Zhengyang Gate, commonly known as the Front Gate (Qianmen), is located in the central south of Tian'anmen Square in Beijing. It was first built in the reign of Ming Emperor Yongle in 1419 and was called Lizhengmen (Lizheng Gate) at that time. Zhengyang Gate was the front gate of the inner city of Beijing during the Ming (1368-1644) and Qing (1644-1911) period. Since it was located in front of the Forbidden City, so it was also called Front Gate (Qian Men).
Zhengyang Gate was one of the nine capital gates of the old Beijing city. It was an intact defending architecture system in ancient time and composed of three parts that were the city gate tower, the watchtower and the inner city. However, Zhengyang Gate has under many damages and repairs during the past half-century, only the city gate tower and the watchtower are well preserved at present, and these two buildings were once the symbol of the old Beijing city.

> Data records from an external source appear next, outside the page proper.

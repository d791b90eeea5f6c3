//! From the arguments of a command line to a command.

ghost use Rattle.std.specs.Prelude.{◌≡◌, map, IfErr, IfOk, MatchResult, Ok, string_bytes};
ghost use Rattle.std.specs.Option.{option_map};
ghost use Rattle.globsift.specs.Command.{IsFaultOf, command_of, command_of_globs, command_value, split_at_set};

pub mod fault;
mod flags;
mod glob_arguments;
mod json;

use fault::CommandFault;
use glob_arguments::GlobArguments;
use globset::GlobSet;
use json::command_of_set;
use std::alloc::Global;

/// The parsed arguments of a command line.
#[derive(Drop)]
pub struct ParsedCommand {
    /// The globs, in the order of their arguments.
    pub set: GlobSet,
    /// Whether each line of the output starts with the indexes of the globs that match it.
    pub numbered: bool,
}

/// Parses the arguments of a command line, without the program's name.
///
/// Each of `-i`, `-s`, `-e` and `-u` turns on an option for the globs after it: `case_insensitive`, `literal_separator`,
/// `empty_alternates` and `allow_unclosed_class`. `-b` turns off `backslash_escape`, and `-r` sets the default options again.
/// `-n`, at any position, turns on numbered output. `--` ends these flags: each argument after it is a glob. Before it any other
/// argument that starts with `-` is rejected, and all others are globs.
///
/// With `--set` the next argument is in any case the JSON text of an array of globs, and each other argument has to be `-n`. The
/// text is read after all other arguments were checked.
///
/// Fails with the first error from the left.
pub fn command(alloc: Global, arguments: &[String]) -> Result<ParsedCommand, CommandFault>
    ensures ok { IfOk result
        (λ command. command_of (map string_bytes arguments.now) ≡ Ok (command_value command)) }
    ensures err { IfErr result (IsFaultOf (command_of (map string_bytes arguments.now))) }
{
    match split_at_set(arguments) {
        Some((before, after)) => command_of_set(alloc, before, after),
        None => command_of_globs(alloc, arguments),
    }
}

/// Returns the arguments before the first `--set` and the arguments after it. `None` if there is none or a `--` comes before it.
fn split_at_set(arguments: &[String]) -> Option<(&[String], &[String])>
    ensures { option_map (λ p. (map string_bytes p.0.now, map string_bytes p.1.now)) result
        ≡ split_at_set (map string_bytes arguments.now) }
{
    for (index, argument) in arguments.iter().enumerate() {
        if argument.as_str() == "--" {
            return None;
        }
        if argument.as_str() == "--set" {
            return Some((&arguments[..index], &arguments[index + 1..]));
        }
    }
    None
}

/// Parses the arguments of a command line that has no `--set`.
fn command_of_globs(alloc: Global, arguments: &[String]) -> Result<ParsedCommand, CommandFault>
    ensures { MatchResult result
        (λ command. command_of_globs (map string_bytes arguments.now) ≡ Ok (command_value command))
        (IsFaultOf (command_of_globs (map string_bytes arguments.now))) }
{
    let GlobArguments { flags, globs } = GlobArguments::parse(alloc, arguments)?;
    let set = globs.into_set()?;
    if set.is_empty() {
        return Err(CommandFault::NoGlob);
    }
    Ok(ParsedCommand {
        set,
        numbered: flags.numbered,
    })
}
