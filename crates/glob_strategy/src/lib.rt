//! Match strategies: a set matches a glob by a key, or by an automaton.
//!
//! [`strategy_of`] returns the strategy of a glob. An automaton has the states of the tokens of several globs, and each end has
//! the index of its glob. [`new_builder`] returns an empty builder of an automaton, and [`add_tokens`] adds the tokens of a glob,
//! or a part of them that is matched like a glob of its own. The crate never reads the text of a glob.
#![tactic(auto)]

mod characters;
mod states;
mod strategy;

pub use states::{add_tokens, new_builder};
pub use strategy::{MatchStrategy, strategy_of, tokens_after_prefix, tokens_before_ending};
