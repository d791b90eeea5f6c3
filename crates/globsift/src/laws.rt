//! A law of the output, as the contract of a function with an empty body.

ghost use Rattle.globsift.specs.Laws.{PartsOfInput};

/// An input can be cut after any LF: the outputs for the parts, in order, are the output for the whole. So parts of a large input
/// can be given to programs that run at the same time.
pub fn parts_of_input()
    ensures { PartsOfInput }
{}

With 40.36-meter high, 41-meter wide and 21-meter deep, the city gate tower has a solid base and is trimmed with gray pantiles and green glazed tiles in the double-eave and Xieshan style. The watchtower was built in 1439 during the Ming Dynasty in a style resembling that of the city gate tower. Altogether there are 94 embrasures open to the east, west and south sides. The watchtower totally has three doors, four floors with five mansions in the rear. The total height of the watchtower with its platform is 38 meters, which makes the watchtower the highest one among those in Beijing. On the first floor, an exhibition named Beijing in History introduces the folk customs of Beijing.